时间:2015-11-26 | 来源:漫心谷 | 作者:涯是客家人 | 点击:
“每个人的家乡都在沦陷”、“有些你熟悉的东西再也找不到了......你在家乡完全成了个陌生人”,想必这是当下许多人的共鸣,也许真的如同学所言,“回不去的,才是乡愁”。
   农夫说
   上周,漫心谷公号发出廖维康先生《龙田意像》后,农夫的同学读后写了一篇回忆小镇生活的文章,读来颇有共鸣。征得他同意,漫心谷分享给大家。

    按农夫的理解,龙田墟,只是一个地名、一个符号,或许,我来自华城,你来自丰良,他来自松口,她来自茶阳,因为相似的成长年代和环境,不同的墟镇,却有着相似的回忆。

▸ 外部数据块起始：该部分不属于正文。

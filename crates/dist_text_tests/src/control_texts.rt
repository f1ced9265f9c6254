//! Texts, and what is read of them.
use crate::hold;
use dist_control::{
    ControlError, Field, Stanza, Stanzas, one_list_or_fault, one_reading_or_fault, split_line,
    trimmed, values_take_bytes,
};
use std::alloc::{AllocError, Global};

/// How many stanzas a text has, or its first fault.
type Counted = Result<usize, ControlError>;

/// The stanzas of a text, counted, or its first fault.
fn count(alloc: Global, text: &[u8]) -> Counted {
    let mut stanzas = Stanzas::new(text);
    for read in 0..text.len() {
        if next_line(alloc, &mut stanzas)?.is_none() {
            return Ok(read);
        }
    }
    Ok(text.len())
}

const FAULTY: &[(&str, Counted)] = &[
    (
        "Package: a\nVersion: 1\nDescription\n",
        Err(ControlError::NoColon(3)),
    ),
    ("a", Err(ControlError::NoColon(1))),
    ("\n\nA: x\n\nB: y\nC\n", Err(ControlError::NoColon(6))),
    ("A: x\n y\n z\nB\n", Err(ControlError::NoColon(4))),
    (": x\n", Err(ControlError::BadFieldName(1))),
    ("A: x\n#B: y\n", Err(ControlError::BadFieldName(2))),
    ("A: x\n-B: y\n", Err(ControlError::BadFieldName(2))),
    ("A B: x\n", Err(ControlError::BadFieldName(1))),
    ("A\x7f: x\n", Err(ControlError::BadFieldName(1))),
    ("A: x\n\n b\n", Err(ControlError::OrphanContinuation(3))),
    ("\tA: x\n", Err(ControlError::OrphanContinuation(1))),
    (
        "A: x\n \t\n B: y\n",
        Err(ControlError::OrphanContinuation(3)),
    ),
    (
        "A: x\nB: y\n b\na: z\n#: v\n",
        Err(ControlError::DoubleField(4)),
    ),
    ("A: x\na\nA: y\n", Err(ControlError::NoColon(2))),
];

const SOUND: &[(&str, Counted)] = &[
    ("", Ok(0)),
    ("\n \n\t\n", Ok(0)),
    ("A:", Ok(1)),
    ("A: x\r\nB-1#: :\n", Ok(1)),
    ("A: x\n \t\nA: y\n\n\n", Ok(2)),
];

/// The first text with other stanzas or another fault.
fn wrong_count(alloc: Global, rows: &[(&'static str, Counted)]) -> Option<&'static str> {
    for (text, comes) in rows {
        if count(alloc, text.as_bytes()) != *comes {
            return Some(text);
        }
    }
    None
}

#[test]
fn faults_with_their_lines(rt: HostRuntime) {
    hold(&rt, wrong_count(rt.alloc(), FAULTY));
    hold(&rt, wrong_count(rt.alloc(), SOUND));
}

const TWO_STANZAS: &str =
    "\nPackage: python3\nDepends: python3.11:any (>= 3.11.2-1~),\n libpython3-stdlib\nEmpty:\t \n  \nTag: devel::interpreter,\n implemented-in::c";

/// The place of a stanza, a name, and the value of the field of that name and its line, where there is one.
type Named = (u32, &'static str, Option<(&'static str, u64)>);

const NAMED: &[Named] = &[
    (0, "Package", Some(("python3", 2))),
    (
        0,
        "dEPENDS",
        Some(("python3.11:any (>= 3.11.2-1~),\n libpython3-stdlib", 3)),
    ),
    (0, "Empty", Some(("", 5))),
    (0, "Tag", None),
    (
        1,
        "tag",
        Some(("devel::interpreter,\n implemented-in::c", 7)),
    ),
];

/// The place of a stanza, its line, and the names of its fields.
type Shape = (u32, u64, &'static [&'static str]);

const SHAPES: &[Shape] = &[(0, 2, &["Package", "Depends", "Empty"]), (1, 7, &["Tag"])];

/// The stanza at a place of a text, from 0.
fn stanza_at(alloc: Global, text: &str, place: u32) -> Option<Stanza<'_>> {
    let mut stanzas = Stanzas::new(text.as_bytes());
    for _ in 0..place {
        let _line = next_line(alloc, &mut stanzas).ok()?;
    }
    stanzas.next(alloc).ok()?
}

/// Whether a field that may be missing has this value and line, or is missing where none are given.
fn is_field(field: Option<&Field<'_>>, expected: Option<(&str, u64)>) -> bool {
    match (field, expected) {
        (Some(field), Some((value, line))) => {
            field.value == value.as_bytes() && field.line == line
        }
        (None, None) => true,
        _ => false,
    }
}

/// Whether the field of a row is as it says.
fn is_named(alloc: Global, row: &Named) -> bool {
    match stanza_at(alloc, TWO_STANZAS, row.0) {
        Some(stanza) => {
            let so = is_field(stanza.get(row.1.as_bytes()), row.2);
            drop(stanza);
            so
        }
        None => false,
    }
}

/// Whether a stanza has exactly these fields.
fn has_names(stanza: &Stanza<'_>, names: &[&str]) -> bool {
    if stanza.fields.len() != names.len() {
        return false;
    }
    for place in 0..names.len() {
        if stanza.fields.get(place).name != names[place].as_bytes() {
            return false;
        }
    }
    true
}

/// Whether the stanza of a row is as it says.
fn is_shaped(alloc: Global, row: &Shape) -> bool {
    match stanza_at(alloc, TWO_STANZAS, row.0) {
        Some(stanza) => {
            let so = stanza.line == row.1 && has_names(&stanza, row.2);
            drop(stanza);
            so
        }
        None => false,
    }
}

/// The first name whose field is another one.
fn wrong_field(alloc: Global, rows: &[Named]) -> Option<&'static str> {
    for row in rows {
        if !is_named(alloc, row) {
            return Some(row.1);
        }
    }
    None
}

/// Whether the stanza of each row is as it says.
fn are_shaped(alloc: Global, rows: &[Shape]) -> bool {
    for row in rows {
        if !is_shaped(alloc, row) {
            return false;
        }
    }
    true
}

#[test]
fn fields_of_a_stanza(rt: HostRuntime) {
    assert!(rt; are_shaped(rt.alloc(), SHAPES));
    hold(&rt, wrong_field(rt.alloc(), NAMED));
}

/// Whether a stanza is said to be left, and then the line of the next one, or a fault.
type Step = (bool, Result<Option<u64>, ControlError>);

const TO_THE_END: &[Step] = &[(true, Ok(Some(2))), (true, Ok(Some(7))), (false, Ok(None))];

const FAULT_AT_SECOND: &[Step] = &[
    (true, Ok(Some(1))),
    (true, Err(ControlError::NoColon(3))),
    (false, Ok(None)),
];

/// The line of the next stanza.
fn next_line(alloc: Global, stanzas: &mut Stanzas<'_>) -> Result<Option<u64>, ControlError> {
    match stanzas.next(alloc) {
        Ok(Some(stanza)) => {
            let line = stanza.line;
            drop(stanza);
            Ok(Some(line))
        }
        Ok(None) => Ok(None),
        Err(error) => Err(error),
    }
}

/// Whether the stanzas of a text come in these steps.
fn come(alloc: Global, text: &str, steps: &[Step]) -> bool {
    let mut stanzas = Stanzas::new(text.as_bytes());
    for (has_next, comes) in steps {
        if stanzas.has_next() != *has_next || next_line(alloc, &mut stanzas) != *comes {
            return false;
        }
    }
    true
}

#[test]
fn stanzas_to_the_end(rt: HostRuntime) {
    assert!(rt; come(rt.alloc(), TWO_STANZAS, TO_THE_END));
}

#[test]
fn a_refusal_is_for_good(rt: HostRuntime) {
    assert!(rt; come(rt.alloc(), "A: x\n\nB\n\nC: z\n", FAULT_AT_SECOND));
}

#[test]
fn a_line_is_split_off(rt: HostRuntime) {
    let (line, rest) = split_line(b"a\nb");
    assert!(rt; line == b"a".as_slice() && rest == b"b".as_slice());
}

/// Makes a text of many bytes `a` but for its front.
fn lengthen(text: &mut Vec<u8>, front: &str) -> Result<(), AllocError> {
    text.extend_from_slice(front.as_bytes())?;
    text.resize(1_048_576, b'a')
}

/// Adds fields of 2000 different names, one a line, and what comes behind them.
fn push_fields(text: &mut String, behind: &str) -> Result<(), AllocError> {
    for number in 0..2000 {
        writeln!(text, "N{number}: v")?;
    }
    text.push_str(behind)
}

/// A front or what comes behind, and the stanzas.
type Long = (&'static str, Counted);

const LONG: &[Long] = &[("", Err(ControlError::NoColon(1))), ("Tag: ", Ok(1))];

const MANY: &[Long] = &[
    ("", Ok(1)),
    ("n1999: w\n", Err(ControlError::DoubleField(2001))),
];

/// Whether a long text with the front of a row has its stanzas.
fn is_counted_long(alloc: Global, row: &Long) -> bool {
    let mut text = Vec::new(alloc);
    let so = lengthen(&mut text, row.0).is_ok() && count(alloc, text.as_slice()) == row.1;
    drop(text);
    so
}

/// Whether many fields, and what comes behind them in a row, have its stanzas.
fn is_counted_many(alloc: Global, row: &Long) -> bool {
    let mut text = String::new(alloc);
    let so = push_fields(&mut text, row.0).is_ok() && count(alloc, text.as_bytes()) == row.1;
    drop(text);
    so
}

#[test]
fn long_lines_and_many_fields(rt: HostRuntime) {
    for row in LONG {
        assert!(rt; is_counted_long(rt.alloc(), row));
    }
    for row in MANY {
        assert!(rt; is_counted_many(rt.alloc(), row));
    }
}

/// Values, and what is left of them without white space at both ends.
const TRIMMED: &[(&str, &str)] = &[
    (" a b\n", "a b"),
    ("\t a\n b \n", "a\n b"),
    (" \t\n", ""),
    ("a", "a"),
];

/// The first value of which something else is left.
fn wrong_trim(rows: &[(&'static str, &'static str)]) -> Option<&'static str> {
    for (text, value) in rows {
        if trimmed(text.as_bytes()) != value.as_bytes() {
            return Some(text);
        }
    }
    None
}

#[test]
fn values_are_trimmed(rt: HostRuntime) {
    hold(&rt, wrong_trim(TRIMMED));
}

#[test]
fn the_laws_hold() {
    one_reading_or_fault();
    one_list_or_fault();
    values_take_bytes();
}
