/// The first value that prints otherwise.
fn wrong_print(alloc: Global, values: &'static str) -> Option<&'static str> {
    for value in values.lines() {
        if !prints(alloc, value, value) {
            return Some(value);
        }
    }
    None
}

#[test]
fn debian_values_print_back(rt: HostRuntime) {
    hold(&rt, wrong_print(rt.alloc(), CANONICAL));
}

/// Values, and their canonical texts.
const SPELLINGS: &[(&str, &str)] = &[
    ("", ""),
    (" \n\t", ""),
    (",, a ,", "a"),
    ("a,b", "a, b"),
    ("a(>=1)", "a (>= 1)"),
    ("a ( < 1 )", "a (<= 1)"),
    ("a (> 1)|b", "a (>= 1) | b"),
    (
        "python3.11:any (>= 3.11.2-1~),\n libpython3-stdlib (= 3.11.2-1+b1)",
        "python3.11:any (>= 3.11.2-1~), libpython3-stdlib (= 3.11.2-1+b1)",
    ),
    ("a\n |\n b:i386\t(<<\n0:1)\n,", "a | b:i386 (<< 0:1)"),
];

/// The first value that, or whose canonical text, prints otherwise.
fn wrong_spelling(alloc: Global, rows: &[(&'static str, &'static str)]) -> Option<&'static str> {
    for (value, canonical) in rows {
        if !prints(alloc, value, canonical) || !prints(alloc, canonical, canonical) {
            return Some(value);
        }
    }
    None
}

#[test]
fn other_spellings_print_canonical(rt: HostRuntime) {
    hold(&rt, wrong_spelling(rt.alloc(), SPELLINGS));
}

/// A value, and its first fault.
type Faulty = (&'static str, RelationError);

const DEPENDS_FAULTS: &[Faulty] = &[
    ("a (>= 1", RelationError::Unclosed(7)),
    ("a (>= 1 x)", RelationError::Unclosed(8)),
    ("a || b", RelationError::BadName(3)),
    ("_a", RelationError::BadName(0)),
    ("a:", RelationError::BadName(2)),
    ("a: any", RelationError::BadName(2)),
    ("a |", RelationError::BadName(3)),
    ("| a", RelationError::BadName(0)),
    ("a (>= 1),b |, c", RelationError::BadName(12)),
    ("a (1)", RelationError::BadOp(3)),
    ("a (", RelationError::BadOp(3)),
    ("a ( == 1)", RelationError::BadOp(4)),
    ("a b", RelationError::Trailing(2)),
    ("a\n b", RelationError::Trailing(3)),
    ("a :any", RelationError::Trailing(2)),
    ("a:any:b", RelationError::Trailing(5)),
    ("a (>= 1) (<< 2)", RelationError::Trailing(9)),
    ("a [amd64]", RelationError::Trailing(2)),
    (
        "a (= 1_2)",
        RelationError::BadVersion(5, VersionError::BadByte(1)),
    ),
    ("a (>=)", RelationError::BadVersion(5, VersionError::Empty)),
    (
        "b, a (>= :1)",
        RelationError::BadVersion(9, VersionError::BadEpoch),
    ),
];

const ATOMS_FAULTS: &[Faulty] = &[
    ("a | b", RelationError::BarNotAllowed(2)),
    ("a, b (>= 1) | c", RelationError::BarNotAllowed(12)),
    ("a ||", RelationError::BarNotAllowed(2)),
];

const PROVIDES_FAULTS: &[Faulty] = &[
    ("a (>= 1)", RelationError::OpInProvides(3)),
    ("a (= 1), b (<< 2)", RelationError::OpInProvides(12)),
    ("a (== 1)", RelationError::BadOp(3)),
    ("a | b", RelationError::BarNotAllowed(2)),
];

/// The first fault of a Depends value.
fn fault_of_depends(alloc: Global, value: &str) -> Option<RelationError> {
    match read_depends(alloc, value.as_bytes()) {
        Ok(items) => {
            drop(items);
            None
        }
        Err(error) => Some(error),
    }
}

/// The first fault of a Conflicts value.
fn fault_of_atoms(alloc: Global, value: &str) -> Option<RelationError> {
    match read_atoms(alloc, value.as_bytes()) {
        Ok(atoms) => {
            drop(atoms);
            None
        }
        Err(error) => Some(error),
    }
}

/// The first fault of a Provides value.
fn fault_of_provides(alloc: Global, value: &str) -> Option<RelationError> {
    match read_provides(alloc, value.as_bytes()) {
        Ok(provides) => {
            drop(provides);
            None
        }
        Err(error) => Some(error),
    }
}

/// The first Depends value with another fault.
fn wrong_depends(alloc: Global, rows: &[Faulty]) -> Option<&'static str> {
    for (value, error) in rows {
        if fault_of_depends(alloc, value) != Some(*error) {
            return Some(value);
        }
    }
    None
}

/// The first Conflicts value with another fault.
fn wrong_atoms(alloc: Global, rows: &[Faulty]) -> Option<&'static str> {
    for (value, error) in rows {
        if fault_of_atoms(alloc, value) != Some(*error) {
            return Some(value);
        }
    }
    None
}

/// The first Provides value with another fault.
fn wrong_provides(alloc: Global, rows: &[Faulty]) -> Option<&'static str> {
    for (value, error) in rows {
        if fault_of_provides(alloc, value) != Some(*error) {
            return Some(value);
        }
    }
    None
}

#[test]
fn faults_have_their_places(rt: HostRuntime) {
    hold(&rt, wrong_depends(rt.alloc(), DEPENDS_FAULTS));
}

#[test]
fn conflicts_and_provides_allow_less(rt: HostRuntime) {
    hold(&rt, wrong_atoms(rt.alloc(), ATOMS_FAULTS));
    hold(&rt, wrong_provides(rt.alloc(), PROVIDES_FAULTS));
}

/// A text, and whether it is a name.
type Named = (&'static str, bool);

const NAMES: &[Named] = &[
    ("a", true),
    ("libstdc++6", true),
    ("2to3", true),
    ("A9+-._", true),
    ("", false),
    ("-a", false),
    ("a b", false),
    ("a:any", false),
    ("a,", false),
];

/// Whether a copy of a name has this text.
fn is_kept(name: &Name, text: &str) -> bool {
    match name.try_clone() {
        Ok(copy) => {
            let so = copy.bytes() == text.as_bytes();
            drop(copy);
            so
        }
        Err(_) => false,
    }
}

/// Whether a text is read as a name where it is one.
fn is_named(alloc: Global, row: &Named) -> bool {
    match Name::read(alloc, row.0.as_bytes()) {
        Ok(name) => {
            let so = row.1 && is_kept(&name, row.0);
            drop(name);
            so
        }
        Err(error) => !row.1 && error == RelationError::BadName(0),
    }
}

/// The first text that is read otherwise.
fn wrong_name(alloc: Global, rows: &[Named]) -> Option<&'static str> {
    for row in rows {
        if !is_named(alloc, row) {
            return Some(row.0);
        }
    }
    None
}

#[test]
fn names_are_read(rt: HostRuntime) {
    hold(&rt, wrong_name(rt.alloc(), NAMES));
}

/// A version, a value, and whether the version meets the bound of the value's first atom.
type Met = (&'static str, &'static str, bool);

const BOUNDS: &[Met] = &[
    ("1", "a (<< 1)", false),
    ("1~", "a (<< 1)", true),
    ("1", "a (< 1)", true),
    ("1", "a (<= 1)", true),
    ("1.0-0", "a (= 1.0)", true),
    ("1.1", "a (= 1.0)", false),
    ("1", "a (> 1)", true),
    ("1", "a (>= 2)", false),
    ("2", "a (>> 1)", true),
    ("0:2", "a (>> 2)", false),
];

/// Whether a version meets the bound of the first atom, where it has one.
fn meets_first(version: &Version, atoms: &Atoms) -> Option<bool> {
    if atoms.len() == 0 {
        return None;
    }
    match &atoms.get(0).bound {
        None => None,
        Some(bound) => Some(satisfies(version, bound)),
    }
}

/// Whether a version meets the bound of the value's first atom, where it has one.
fn meets_value(alloc: Global, version: &Version, value: &str) -> Option<bool> {
    let atoms = read_atoms(alloc, value.as_bytes()).ok()?;
    let met = meets_first(version, &atoms);
    drop(atoms);
    met
}

/// The same of the version of a text.
fn meets(alloc: Global, version: &str, value: &str) -> Option<bool> {
    let version = Version::read(alloc, version.as_bytes()).ok()?;
    let met = meets_value(alloc, &version, value);
    drop(version);
    met
}

/// The first value whose bound is told otherwise.
fn wrong_bound(alloc: Global, rows: &[Met]) -> Option<&'static str> {
    for (version, value, answer) in rows {
        if meets(alloc, version, value) != Some(*answer) {
            return Some(value);
        }
    }
    None
}

#[test]
fn bounds_are_met(rt: HostRuntime) {
    hold(&rt, wrong_bound(rt.alloc(), BOUNDS));
}

/// Whether the third of three items has three alternatives, the second of them e, and these can be copied.
fn ends_with_e(items: &Items) -> bool {
    items.len() == 3 && has_e(items.get(2)) && are_copied(items.get(2))
}

/// Whether there are three alternatives, the second of them e.
fn has_e(alternatives: &Alternatives) -> bool {
    alternatives.len() == 3 && alternatives.get(1).name.bytes() == b"e".as_slice()
}

/// Whether there are three atoms, the last of them c.
fn ends_with_c(atoms: &Atoms) -> bool {
    atoms.len() == 3 && atoms.get(2).name.bytes() == b"c".as_slice()
}

/// Whether the first of two entries has a version, and the second has none.
fn has_one_version(provides: &Provides) -> bool {
    provides.len() == 2 && provides.get(0).version.is_some() && provides.get(1).version.is_none()
}

/// The items of a value with those of another one behind them.
fn joined_items(alloc: Global, first: &[u8], second: &[u8]) -> Option<Items> {
    let mut items = read_depends(alloc, first).ok()?;
    if add_items(alloc, &mut items, second).is_some() {
        Some(items)
    } else {
        drop(items);
        None
    }
}

/// Puts the items of a value behind others.
fn add_items(alloc: Global, items: &mut Items, value: &[u8]) -> Option<()> {
    items.append(read_depends(alloc, value).ok()?).ok()
}

/// The atoms of a value with those of another one behind them.
fn joined_atoms(alloc: Global, first: &[u8], second: &[u8]) -> Option<Atoms> {
    let mut atoms = read_atoms(alloc, first).ok()?;
    if add_atoms(alloc, &mut atoms, second).is_some() {
        Some(atoms)
    } else {
        drop(atoms);
        None
    }
}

   “每个人的家乡都在沦陷”、“有些你熟悉的东西再也找不到了......你在家乡完全成了个陌生人”,想必这是当下许多人的共鸣,也许真的如同学所言,“回不去的,才是乡愁”。

    回不去的,才是乡愁!
    读完漫心谷发的《龙田意像》,心情不免有些激动,儿时记忆的片段瞬间打开,往事恍惚就在眼前。
    很多时候,新认识的朋友见面,一般会问“你是哪里人?”,如果是同县市的,一般会追问哪个乡镇。这个时候,我往往是回答“兴宁合水的”,其实合水虽然是我的老家,却从未在那常住过。真正要算起来,龙田墟和兴城一零六大院,才是在梅州、在兴宁住的最久的地方。
    1984年,九岁的我,怀着忐忑不安的心情,恋恋不舍地离开龙田到县城上学。转眼之间已入不惑之年,回首龙田生活的九年时光,不可谓不长。

    康叔文中龙田的历史,在我儿时是没有什么感知的。记忆中最深刻的,反而是一些琐碎的小事。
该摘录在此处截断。